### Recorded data
=====
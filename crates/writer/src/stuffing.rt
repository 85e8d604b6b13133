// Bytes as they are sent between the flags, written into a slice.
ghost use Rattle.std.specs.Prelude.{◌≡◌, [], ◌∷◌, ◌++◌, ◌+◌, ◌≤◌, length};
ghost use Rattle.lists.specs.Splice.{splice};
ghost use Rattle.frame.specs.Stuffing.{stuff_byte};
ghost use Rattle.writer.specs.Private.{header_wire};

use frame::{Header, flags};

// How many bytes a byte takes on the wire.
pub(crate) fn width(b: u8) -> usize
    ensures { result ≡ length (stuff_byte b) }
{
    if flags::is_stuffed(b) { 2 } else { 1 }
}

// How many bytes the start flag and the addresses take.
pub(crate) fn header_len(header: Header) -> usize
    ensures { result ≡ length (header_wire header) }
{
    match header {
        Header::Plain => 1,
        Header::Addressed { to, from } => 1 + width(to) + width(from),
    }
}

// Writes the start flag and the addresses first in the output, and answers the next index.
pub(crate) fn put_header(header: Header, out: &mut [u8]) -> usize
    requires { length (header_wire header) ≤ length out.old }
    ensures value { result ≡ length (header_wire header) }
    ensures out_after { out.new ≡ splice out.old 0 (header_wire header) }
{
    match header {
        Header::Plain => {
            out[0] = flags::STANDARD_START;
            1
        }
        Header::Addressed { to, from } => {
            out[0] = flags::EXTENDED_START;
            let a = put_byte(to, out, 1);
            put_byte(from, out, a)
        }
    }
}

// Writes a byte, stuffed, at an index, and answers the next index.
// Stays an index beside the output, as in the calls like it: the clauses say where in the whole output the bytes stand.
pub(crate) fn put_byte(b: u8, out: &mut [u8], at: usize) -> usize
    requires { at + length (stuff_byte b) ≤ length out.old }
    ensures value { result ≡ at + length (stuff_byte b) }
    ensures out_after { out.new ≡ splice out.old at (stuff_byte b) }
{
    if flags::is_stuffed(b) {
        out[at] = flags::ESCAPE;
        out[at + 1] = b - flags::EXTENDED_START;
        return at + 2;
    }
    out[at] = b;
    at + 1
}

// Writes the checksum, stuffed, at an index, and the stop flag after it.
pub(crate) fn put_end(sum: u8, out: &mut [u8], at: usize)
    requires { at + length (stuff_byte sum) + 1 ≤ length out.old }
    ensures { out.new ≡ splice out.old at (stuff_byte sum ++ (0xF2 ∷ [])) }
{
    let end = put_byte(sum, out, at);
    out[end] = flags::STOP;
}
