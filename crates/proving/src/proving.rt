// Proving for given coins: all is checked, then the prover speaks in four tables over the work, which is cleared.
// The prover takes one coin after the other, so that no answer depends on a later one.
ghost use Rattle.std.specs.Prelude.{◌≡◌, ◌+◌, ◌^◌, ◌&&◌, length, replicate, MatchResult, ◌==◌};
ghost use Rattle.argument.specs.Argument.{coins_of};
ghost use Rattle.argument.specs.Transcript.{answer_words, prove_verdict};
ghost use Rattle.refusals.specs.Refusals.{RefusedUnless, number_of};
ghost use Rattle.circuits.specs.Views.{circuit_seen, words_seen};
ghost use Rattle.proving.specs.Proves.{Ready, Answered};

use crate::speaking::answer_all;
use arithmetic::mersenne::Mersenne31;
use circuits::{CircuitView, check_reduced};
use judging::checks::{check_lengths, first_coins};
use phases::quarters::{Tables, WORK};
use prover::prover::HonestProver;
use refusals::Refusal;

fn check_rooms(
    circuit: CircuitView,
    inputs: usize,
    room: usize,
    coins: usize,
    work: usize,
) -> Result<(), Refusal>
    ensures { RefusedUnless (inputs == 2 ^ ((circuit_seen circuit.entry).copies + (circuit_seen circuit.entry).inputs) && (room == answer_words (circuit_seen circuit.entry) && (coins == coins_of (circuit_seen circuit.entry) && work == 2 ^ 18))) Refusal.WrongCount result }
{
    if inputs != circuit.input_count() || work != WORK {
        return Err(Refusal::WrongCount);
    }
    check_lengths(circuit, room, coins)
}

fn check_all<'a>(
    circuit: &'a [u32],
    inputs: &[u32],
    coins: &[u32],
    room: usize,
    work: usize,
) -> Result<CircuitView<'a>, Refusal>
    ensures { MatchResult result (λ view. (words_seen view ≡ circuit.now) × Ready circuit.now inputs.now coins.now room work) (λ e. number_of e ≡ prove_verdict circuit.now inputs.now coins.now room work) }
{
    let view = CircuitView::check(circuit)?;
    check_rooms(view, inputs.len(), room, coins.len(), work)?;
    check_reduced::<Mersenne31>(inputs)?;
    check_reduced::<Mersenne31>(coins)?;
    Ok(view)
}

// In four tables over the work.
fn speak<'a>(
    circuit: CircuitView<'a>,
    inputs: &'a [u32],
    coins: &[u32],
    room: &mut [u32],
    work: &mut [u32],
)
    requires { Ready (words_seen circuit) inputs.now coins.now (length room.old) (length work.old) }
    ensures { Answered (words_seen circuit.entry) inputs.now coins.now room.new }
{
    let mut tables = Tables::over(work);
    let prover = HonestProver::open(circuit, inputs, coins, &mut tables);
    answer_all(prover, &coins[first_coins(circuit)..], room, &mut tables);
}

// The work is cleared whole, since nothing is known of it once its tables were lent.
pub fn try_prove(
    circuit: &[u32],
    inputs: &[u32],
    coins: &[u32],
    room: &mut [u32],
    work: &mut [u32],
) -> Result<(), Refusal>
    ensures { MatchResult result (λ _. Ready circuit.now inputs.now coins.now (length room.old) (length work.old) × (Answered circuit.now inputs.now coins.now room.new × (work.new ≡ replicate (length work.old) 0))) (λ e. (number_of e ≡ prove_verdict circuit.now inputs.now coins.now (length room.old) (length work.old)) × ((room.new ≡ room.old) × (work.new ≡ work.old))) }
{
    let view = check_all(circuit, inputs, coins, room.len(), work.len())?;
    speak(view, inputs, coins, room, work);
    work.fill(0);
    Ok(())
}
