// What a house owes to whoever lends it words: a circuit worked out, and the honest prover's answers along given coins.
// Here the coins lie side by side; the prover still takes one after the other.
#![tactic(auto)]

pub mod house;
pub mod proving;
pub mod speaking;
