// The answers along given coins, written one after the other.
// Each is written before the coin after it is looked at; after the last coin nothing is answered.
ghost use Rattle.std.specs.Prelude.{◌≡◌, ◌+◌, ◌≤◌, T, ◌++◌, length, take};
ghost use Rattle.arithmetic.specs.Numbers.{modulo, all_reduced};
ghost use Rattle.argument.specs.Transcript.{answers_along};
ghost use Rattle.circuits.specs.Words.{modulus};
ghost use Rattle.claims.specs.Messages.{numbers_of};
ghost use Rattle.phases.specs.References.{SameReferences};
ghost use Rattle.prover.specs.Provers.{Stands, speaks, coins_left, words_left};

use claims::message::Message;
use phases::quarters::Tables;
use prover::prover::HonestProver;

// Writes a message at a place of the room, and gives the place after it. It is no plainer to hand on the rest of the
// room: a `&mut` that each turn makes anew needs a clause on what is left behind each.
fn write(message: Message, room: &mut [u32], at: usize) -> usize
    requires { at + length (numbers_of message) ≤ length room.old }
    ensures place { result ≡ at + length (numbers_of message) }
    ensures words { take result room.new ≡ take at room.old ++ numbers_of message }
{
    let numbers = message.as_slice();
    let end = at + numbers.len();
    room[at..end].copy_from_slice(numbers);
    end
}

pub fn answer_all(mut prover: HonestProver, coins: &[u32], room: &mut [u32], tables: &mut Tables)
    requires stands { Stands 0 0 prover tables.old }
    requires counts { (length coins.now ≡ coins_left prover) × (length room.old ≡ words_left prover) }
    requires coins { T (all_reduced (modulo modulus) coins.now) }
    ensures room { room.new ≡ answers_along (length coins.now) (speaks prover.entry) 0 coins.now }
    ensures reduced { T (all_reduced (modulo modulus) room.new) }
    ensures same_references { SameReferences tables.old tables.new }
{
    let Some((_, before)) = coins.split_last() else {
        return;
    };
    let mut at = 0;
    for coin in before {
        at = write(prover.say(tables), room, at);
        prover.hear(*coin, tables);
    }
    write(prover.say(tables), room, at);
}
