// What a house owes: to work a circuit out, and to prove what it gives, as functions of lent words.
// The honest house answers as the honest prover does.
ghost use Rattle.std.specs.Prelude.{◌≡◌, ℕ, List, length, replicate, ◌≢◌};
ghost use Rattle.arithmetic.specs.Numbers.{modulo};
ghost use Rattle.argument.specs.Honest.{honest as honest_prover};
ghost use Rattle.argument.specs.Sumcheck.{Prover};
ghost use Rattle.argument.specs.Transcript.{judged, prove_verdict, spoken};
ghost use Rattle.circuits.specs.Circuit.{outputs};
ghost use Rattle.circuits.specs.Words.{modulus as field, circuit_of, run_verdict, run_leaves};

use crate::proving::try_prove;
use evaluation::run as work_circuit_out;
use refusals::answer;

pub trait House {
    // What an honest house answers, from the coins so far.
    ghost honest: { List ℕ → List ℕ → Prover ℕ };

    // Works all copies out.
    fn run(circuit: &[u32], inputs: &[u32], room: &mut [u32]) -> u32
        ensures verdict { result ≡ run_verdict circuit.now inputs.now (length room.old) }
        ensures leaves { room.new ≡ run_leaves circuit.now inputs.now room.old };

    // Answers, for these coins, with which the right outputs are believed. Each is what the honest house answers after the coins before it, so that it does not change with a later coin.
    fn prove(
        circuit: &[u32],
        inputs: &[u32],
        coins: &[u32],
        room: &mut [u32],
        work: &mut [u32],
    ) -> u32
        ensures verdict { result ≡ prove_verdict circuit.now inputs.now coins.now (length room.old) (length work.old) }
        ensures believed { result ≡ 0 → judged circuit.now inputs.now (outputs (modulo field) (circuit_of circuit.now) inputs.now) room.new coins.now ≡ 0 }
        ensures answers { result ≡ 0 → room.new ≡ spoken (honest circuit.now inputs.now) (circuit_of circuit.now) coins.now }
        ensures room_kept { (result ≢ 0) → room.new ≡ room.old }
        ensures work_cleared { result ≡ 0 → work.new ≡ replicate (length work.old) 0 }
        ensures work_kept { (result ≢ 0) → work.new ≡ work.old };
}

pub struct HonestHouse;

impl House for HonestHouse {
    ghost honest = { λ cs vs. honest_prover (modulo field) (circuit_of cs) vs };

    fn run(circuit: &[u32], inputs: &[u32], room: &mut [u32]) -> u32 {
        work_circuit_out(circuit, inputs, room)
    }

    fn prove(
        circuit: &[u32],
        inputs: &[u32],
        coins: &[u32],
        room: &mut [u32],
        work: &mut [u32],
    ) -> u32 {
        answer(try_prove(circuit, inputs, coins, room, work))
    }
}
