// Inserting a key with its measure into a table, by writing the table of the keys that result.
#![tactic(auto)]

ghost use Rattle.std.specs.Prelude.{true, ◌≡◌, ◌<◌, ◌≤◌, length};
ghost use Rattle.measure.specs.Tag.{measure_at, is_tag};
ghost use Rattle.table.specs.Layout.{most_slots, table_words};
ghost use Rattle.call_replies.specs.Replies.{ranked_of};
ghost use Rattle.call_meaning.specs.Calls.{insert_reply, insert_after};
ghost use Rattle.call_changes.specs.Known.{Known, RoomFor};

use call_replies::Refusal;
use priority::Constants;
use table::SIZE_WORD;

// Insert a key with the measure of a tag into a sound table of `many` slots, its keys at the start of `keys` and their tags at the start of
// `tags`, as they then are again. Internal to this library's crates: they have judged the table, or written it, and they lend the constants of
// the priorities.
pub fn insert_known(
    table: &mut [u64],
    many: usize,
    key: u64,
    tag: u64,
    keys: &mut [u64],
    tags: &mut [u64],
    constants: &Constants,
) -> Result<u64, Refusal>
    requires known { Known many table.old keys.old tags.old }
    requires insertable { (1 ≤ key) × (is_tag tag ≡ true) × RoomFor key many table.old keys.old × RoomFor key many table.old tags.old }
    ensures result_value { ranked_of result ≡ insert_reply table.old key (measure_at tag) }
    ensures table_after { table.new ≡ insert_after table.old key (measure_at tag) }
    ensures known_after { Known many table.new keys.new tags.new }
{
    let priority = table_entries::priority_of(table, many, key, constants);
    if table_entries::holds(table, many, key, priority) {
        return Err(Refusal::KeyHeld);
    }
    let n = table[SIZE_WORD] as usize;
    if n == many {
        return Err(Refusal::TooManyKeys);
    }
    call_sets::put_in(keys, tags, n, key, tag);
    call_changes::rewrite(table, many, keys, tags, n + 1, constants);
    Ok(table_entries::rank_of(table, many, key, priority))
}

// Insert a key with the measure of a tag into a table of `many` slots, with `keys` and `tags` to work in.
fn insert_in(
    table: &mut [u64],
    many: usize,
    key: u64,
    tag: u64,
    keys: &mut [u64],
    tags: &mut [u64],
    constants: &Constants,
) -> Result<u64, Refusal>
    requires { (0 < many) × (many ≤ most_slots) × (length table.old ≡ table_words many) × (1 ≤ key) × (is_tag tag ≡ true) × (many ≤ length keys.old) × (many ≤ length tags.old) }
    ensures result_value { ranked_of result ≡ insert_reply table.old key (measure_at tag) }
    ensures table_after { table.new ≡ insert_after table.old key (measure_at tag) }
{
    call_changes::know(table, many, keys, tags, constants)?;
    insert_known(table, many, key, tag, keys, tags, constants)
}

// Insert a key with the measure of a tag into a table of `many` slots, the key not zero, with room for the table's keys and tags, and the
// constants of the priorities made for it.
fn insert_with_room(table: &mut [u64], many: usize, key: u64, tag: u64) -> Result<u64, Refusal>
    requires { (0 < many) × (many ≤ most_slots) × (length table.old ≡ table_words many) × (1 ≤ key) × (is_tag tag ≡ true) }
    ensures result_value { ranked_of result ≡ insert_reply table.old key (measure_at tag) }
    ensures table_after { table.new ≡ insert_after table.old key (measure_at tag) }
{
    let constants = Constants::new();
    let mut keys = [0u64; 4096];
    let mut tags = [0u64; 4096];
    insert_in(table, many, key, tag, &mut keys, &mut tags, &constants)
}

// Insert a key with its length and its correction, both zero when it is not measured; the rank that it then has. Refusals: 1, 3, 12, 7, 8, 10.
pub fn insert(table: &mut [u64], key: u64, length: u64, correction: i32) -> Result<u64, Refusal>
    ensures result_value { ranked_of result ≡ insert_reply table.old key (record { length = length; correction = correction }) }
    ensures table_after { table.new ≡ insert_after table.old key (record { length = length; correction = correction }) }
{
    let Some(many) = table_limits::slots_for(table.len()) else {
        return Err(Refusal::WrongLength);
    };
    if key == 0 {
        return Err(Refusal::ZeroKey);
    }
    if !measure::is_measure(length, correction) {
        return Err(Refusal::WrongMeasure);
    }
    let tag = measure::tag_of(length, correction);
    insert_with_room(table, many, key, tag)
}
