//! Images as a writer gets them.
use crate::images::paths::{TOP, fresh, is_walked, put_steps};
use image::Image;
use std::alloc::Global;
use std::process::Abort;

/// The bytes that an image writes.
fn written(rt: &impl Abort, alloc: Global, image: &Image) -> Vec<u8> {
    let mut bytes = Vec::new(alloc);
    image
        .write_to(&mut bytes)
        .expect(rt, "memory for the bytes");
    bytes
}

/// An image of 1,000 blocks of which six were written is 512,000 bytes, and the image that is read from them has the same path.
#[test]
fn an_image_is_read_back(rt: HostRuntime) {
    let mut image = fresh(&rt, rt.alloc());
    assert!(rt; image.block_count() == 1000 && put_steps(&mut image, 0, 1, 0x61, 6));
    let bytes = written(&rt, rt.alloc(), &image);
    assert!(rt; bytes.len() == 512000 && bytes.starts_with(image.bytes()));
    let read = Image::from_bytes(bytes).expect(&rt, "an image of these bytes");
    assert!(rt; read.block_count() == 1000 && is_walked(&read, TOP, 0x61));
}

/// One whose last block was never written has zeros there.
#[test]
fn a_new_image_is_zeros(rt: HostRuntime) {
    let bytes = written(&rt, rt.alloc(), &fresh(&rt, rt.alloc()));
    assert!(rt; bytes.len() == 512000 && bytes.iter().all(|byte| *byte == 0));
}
=====
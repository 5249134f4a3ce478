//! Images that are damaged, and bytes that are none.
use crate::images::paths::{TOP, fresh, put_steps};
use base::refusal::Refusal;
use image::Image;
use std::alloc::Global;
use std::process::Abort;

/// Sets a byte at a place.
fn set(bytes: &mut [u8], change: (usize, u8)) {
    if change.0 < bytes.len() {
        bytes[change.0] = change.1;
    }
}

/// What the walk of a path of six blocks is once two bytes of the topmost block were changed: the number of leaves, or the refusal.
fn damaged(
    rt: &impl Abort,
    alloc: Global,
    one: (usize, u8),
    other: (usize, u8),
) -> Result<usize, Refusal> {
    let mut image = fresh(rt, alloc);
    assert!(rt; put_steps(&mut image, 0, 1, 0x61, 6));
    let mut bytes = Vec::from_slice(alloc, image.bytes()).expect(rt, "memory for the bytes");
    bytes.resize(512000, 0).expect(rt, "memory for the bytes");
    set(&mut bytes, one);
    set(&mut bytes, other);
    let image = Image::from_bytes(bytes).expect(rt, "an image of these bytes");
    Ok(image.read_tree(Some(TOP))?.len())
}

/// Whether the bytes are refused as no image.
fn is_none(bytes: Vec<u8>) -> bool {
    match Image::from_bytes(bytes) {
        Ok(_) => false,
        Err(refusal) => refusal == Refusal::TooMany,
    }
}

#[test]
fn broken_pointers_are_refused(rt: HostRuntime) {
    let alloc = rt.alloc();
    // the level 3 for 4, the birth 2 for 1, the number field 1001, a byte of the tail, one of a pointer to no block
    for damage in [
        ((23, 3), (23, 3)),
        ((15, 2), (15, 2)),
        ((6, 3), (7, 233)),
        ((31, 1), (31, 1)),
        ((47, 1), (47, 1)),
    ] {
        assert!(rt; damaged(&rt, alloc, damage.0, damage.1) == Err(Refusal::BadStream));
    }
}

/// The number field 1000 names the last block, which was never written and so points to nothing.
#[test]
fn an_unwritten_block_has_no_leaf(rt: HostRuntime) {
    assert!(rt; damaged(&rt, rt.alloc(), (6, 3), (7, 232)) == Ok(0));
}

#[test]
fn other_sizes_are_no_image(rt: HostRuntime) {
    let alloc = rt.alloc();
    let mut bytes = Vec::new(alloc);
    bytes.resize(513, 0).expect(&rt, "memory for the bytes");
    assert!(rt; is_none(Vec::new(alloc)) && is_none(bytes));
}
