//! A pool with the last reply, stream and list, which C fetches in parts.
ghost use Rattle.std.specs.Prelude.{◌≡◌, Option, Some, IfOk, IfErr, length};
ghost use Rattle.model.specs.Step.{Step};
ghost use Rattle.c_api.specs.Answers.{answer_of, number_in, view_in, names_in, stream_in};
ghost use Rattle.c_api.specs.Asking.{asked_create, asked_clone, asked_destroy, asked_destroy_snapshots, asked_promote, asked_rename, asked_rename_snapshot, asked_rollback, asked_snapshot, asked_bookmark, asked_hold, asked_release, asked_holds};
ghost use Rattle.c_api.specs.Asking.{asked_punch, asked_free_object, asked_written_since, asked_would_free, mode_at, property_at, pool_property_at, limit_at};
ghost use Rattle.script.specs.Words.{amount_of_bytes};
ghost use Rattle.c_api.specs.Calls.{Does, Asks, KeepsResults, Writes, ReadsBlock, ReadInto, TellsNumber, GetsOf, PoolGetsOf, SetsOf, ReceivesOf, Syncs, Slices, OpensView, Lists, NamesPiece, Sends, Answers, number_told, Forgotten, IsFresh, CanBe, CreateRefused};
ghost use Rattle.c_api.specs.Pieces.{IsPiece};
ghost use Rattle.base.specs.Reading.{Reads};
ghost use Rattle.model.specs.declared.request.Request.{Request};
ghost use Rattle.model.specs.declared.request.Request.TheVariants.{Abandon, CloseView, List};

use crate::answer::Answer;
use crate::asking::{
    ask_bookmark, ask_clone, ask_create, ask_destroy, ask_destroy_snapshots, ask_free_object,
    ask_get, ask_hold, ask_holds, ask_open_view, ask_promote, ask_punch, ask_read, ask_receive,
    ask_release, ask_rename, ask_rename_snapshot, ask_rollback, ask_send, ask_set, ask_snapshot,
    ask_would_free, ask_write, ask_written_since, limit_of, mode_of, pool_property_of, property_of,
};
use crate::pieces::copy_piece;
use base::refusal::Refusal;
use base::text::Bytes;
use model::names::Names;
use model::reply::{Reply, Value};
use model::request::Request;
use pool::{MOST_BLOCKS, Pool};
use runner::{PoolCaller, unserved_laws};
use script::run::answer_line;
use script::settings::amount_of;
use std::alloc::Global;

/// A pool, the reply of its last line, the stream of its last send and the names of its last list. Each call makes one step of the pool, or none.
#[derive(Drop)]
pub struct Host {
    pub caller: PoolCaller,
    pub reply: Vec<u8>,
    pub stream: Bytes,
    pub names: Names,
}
=====
### Work to complete
Only the lines above from the one with "prover.hear(*coin, tables);" through the one with "impl House for" should be duplicated, character for character.

### Result of this task
        prover.hear(*coin, tables);
    }
    write(prover.say(tables), room, at);
}
// What a house owes: to work a circuit out, and to prove what it gives, as functions of lent words.
// The honest house answers as the honest prover does.
ghost use Rattle.std.specs.Prelude.{◌≡◌, ℕ, List, length, replicate, ◌≢◌};
ghost use Rattle.arithmetic.specs.Numbers.{modulo};
ghost use Rattle.argument.specs.Honest.{honest as honest_prover};
ghost use Rattle.argument.specs.Sumcheck.{Prover};
ghost use Rattle.argument.specs.Transcript.{judged, prove_verdict, spoken};
ghost use Rattle.circuits.specs.Circuit.{outputs};
ghost use Rattle.circuits.specs.Words.{modulus as field, circuit_of, run_verdict, run_leaves};

use crate::proving::try_prove;
use evaluation::run as work_circuit_out;
use refusals::answer;

pub trait House {
    // What an honest house answers, from the coins so far.
    ghost honest: { List ℕ → List ℕ → Prover ℕ };

    // Works all copies out.
    fn run(circuit: &[u32], inputs: &[u32], room: &mut [u32]) -> u32
        ensures verdict { result ≡ run_verdict circuit.now inputs.now (length room.old) }
        ensures leaves { room.new ≡ run_leaves circuit.now inputs.now room.old };

    // Answers, for these coins, with which the right outputs are believed. Each is what the honest house answers after the coins before it, so that it does not change with a later coin.
    fn prove(
        circuit: &[u32],
        inputs: &[u32],
        coins: &[u32],
        room: &mut [u32],
        work: &mut [u32],
    ) -> u32
        ensures verdict { result ≡ prove_verdict circuit.now inputs.now coins.now (length room.old) (length work.old) }
        ensures believed { result ≡ 0 → judged circuit.now inputs.now (outputs (modulo field) (circuit_of circuit.now) inputs.now) room.new coins.now ≡ 0 }
        ensures answers { result ≡ 0 → room.new ≡ spoken (honest circuit.now inputs.now) (circuit_of circuit.now) coins.now }
        ensures room_kept { (result ≢ 0) → room.new ≡ room.old }
        ensures work_cleared { result ≡ 0 → work.new ≡ replicate (length work.old) 0 }
        ensures work_kept { (result ≢ 0) → work.new ≡ work.old };
}

pub struct HonestHouse;

impl House for HonestHouse {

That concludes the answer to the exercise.